[Start of section]
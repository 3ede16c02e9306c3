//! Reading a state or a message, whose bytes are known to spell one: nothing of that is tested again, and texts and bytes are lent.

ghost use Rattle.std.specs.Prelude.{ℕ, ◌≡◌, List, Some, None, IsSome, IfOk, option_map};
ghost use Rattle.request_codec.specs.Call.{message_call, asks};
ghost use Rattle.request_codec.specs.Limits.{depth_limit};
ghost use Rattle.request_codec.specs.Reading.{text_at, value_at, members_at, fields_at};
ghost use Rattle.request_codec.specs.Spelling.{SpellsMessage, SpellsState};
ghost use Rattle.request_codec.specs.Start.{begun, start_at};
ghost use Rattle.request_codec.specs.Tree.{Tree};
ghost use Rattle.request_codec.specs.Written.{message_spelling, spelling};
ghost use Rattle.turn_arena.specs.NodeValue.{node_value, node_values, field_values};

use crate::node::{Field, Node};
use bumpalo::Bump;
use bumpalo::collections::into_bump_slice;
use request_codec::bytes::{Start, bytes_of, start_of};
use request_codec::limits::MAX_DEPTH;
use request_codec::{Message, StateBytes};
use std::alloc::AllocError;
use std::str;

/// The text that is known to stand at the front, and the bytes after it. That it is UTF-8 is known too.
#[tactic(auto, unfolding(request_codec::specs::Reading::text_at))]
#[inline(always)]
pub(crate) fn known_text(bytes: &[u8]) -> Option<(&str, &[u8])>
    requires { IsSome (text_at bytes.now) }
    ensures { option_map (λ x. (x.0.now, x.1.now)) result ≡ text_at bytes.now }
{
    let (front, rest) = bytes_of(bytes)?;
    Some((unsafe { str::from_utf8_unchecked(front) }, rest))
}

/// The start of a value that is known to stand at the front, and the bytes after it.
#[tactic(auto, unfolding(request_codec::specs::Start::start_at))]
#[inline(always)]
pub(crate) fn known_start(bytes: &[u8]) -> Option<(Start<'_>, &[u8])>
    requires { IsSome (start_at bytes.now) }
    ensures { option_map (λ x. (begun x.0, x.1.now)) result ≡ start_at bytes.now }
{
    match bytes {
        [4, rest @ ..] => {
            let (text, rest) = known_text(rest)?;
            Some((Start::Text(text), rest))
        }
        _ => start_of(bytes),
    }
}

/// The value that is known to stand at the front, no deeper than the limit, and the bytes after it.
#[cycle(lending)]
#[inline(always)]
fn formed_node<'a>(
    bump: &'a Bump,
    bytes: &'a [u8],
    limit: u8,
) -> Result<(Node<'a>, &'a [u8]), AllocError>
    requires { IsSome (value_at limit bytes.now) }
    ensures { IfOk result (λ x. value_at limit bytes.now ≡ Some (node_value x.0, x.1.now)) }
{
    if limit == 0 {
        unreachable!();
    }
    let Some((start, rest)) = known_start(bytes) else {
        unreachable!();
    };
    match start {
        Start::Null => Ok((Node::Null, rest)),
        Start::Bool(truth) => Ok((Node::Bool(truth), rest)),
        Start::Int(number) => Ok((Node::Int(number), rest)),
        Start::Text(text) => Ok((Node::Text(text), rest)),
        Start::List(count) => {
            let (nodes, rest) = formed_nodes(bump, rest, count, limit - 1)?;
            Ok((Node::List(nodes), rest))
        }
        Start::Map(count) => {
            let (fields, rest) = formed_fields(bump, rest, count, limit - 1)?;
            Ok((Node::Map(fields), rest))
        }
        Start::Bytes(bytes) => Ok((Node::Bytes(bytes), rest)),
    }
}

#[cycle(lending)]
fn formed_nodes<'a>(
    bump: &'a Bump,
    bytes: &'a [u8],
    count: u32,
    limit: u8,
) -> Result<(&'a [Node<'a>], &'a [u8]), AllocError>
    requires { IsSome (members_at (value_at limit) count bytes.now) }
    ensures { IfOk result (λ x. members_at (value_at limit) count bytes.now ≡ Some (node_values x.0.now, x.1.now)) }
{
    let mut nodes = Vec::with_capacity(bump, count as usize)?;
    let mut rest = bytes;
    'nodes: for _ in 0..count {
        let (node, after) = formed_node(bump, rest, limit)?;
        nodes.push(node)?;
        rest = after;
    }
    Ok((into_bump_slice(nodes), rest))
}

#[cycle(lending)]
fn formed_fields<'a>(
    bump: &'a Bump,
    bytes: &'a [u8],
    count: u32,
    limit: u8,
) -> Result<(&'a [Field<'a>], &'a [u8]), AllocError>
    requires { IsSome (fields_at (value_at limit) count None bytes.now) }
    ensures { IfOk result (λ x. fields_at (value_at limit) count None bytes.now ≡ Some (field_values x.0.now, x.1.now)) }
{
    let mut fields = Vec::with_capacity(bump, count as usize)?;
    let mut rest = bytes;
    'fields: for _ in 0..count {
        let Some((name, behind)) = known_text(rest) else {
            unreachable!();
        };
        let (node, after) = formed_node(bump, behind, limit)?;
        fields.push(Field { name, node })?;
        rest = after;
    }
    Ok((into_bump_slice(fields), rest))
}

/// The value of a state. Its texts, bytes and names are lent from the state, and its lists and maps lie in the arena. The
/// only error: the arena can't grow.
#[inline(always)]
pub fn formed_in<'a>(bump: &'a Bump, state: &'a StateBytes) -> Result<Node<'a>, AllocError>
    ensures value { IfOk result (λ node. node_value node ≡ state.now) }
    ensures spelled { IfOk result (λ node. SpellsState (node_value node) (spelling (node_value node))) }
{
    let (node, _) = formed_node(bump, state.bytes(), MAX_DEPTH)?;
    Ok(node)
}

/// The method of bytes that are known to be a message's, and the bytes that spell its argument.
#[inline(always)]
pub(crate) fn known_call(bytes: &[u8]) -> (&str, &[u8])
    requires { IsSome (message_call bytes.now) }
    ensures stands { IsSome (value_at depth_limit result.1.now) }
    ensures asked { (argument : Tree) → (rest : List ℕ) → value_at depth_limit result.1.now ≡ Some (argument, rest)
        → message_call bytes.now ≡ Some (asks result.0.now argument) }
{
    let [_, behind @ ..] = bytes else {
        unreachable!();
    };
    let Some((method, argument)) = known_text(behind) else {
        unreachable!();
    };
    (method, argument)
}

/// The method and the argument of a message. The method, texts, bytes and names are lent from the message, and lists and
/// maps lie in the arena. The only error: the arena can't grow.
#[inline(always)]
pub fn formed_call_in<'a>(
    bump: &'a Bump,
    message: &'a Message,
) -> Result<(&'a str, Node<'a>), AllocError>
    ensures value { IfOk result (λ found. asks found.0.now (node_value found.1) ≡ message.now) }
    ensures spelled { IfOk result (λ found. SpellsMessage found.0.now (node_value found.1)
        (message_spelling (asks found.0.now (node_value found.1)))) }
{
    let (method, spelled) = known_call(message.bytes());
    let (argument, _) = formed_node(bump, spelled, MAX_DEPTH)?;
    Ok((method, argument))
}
[End of section]
WHAT TO PRODUCE:
Once you find the line containing "use std::str;", stop: reproduce exactly that line and every line of the data before it, and nothing else.

EXPECTED OUTPUT:
repository 3ede16c02e9306c3
//! Reading a state or a message, whose bytes are known to spell one: nothing of that is tested again, and texts and bytes are lent.

ghost use Rattle.std.specs.Prelude.{ℕ, ◌≡◌, List, Some, None, IsSome, IfOk, option_map};
ghost use Rattle.request_codec.specs.Call.{message_call, asks};
ghost use Rattle.request_codec.specs.Limits.{depth_limit};
ghost use Rattle.request_codec.specs.Reading.{text_at, value_at, members_at, fields_at};
ghost use Rattle.request_codec.specs.Spelling.{SpellsMessage, SpellsState};
ghost use Rattle.request_codec.specs.Start.{begun, start_at};
ghost use Rattle.request_codec.specs.Tree.{Tree};
ghost use Rattle.request_codec.specs.Written.{message_spelling, spelling};
ghost use Rattle.turn_arena.specs.NodeValue.{node_value, node_values, field_values};

use crate::node::{Field, Node};
use bumpalo::Bump;
use bumpalo::collections::into_bump_slice;
use request_codec::bytes::{Start, bytes_of, start_of};
use request_codec::limits::MAX_DEPTH;
use request_codec::{Message, StateBytes};
use std::alloc::AllocError;
use std::str;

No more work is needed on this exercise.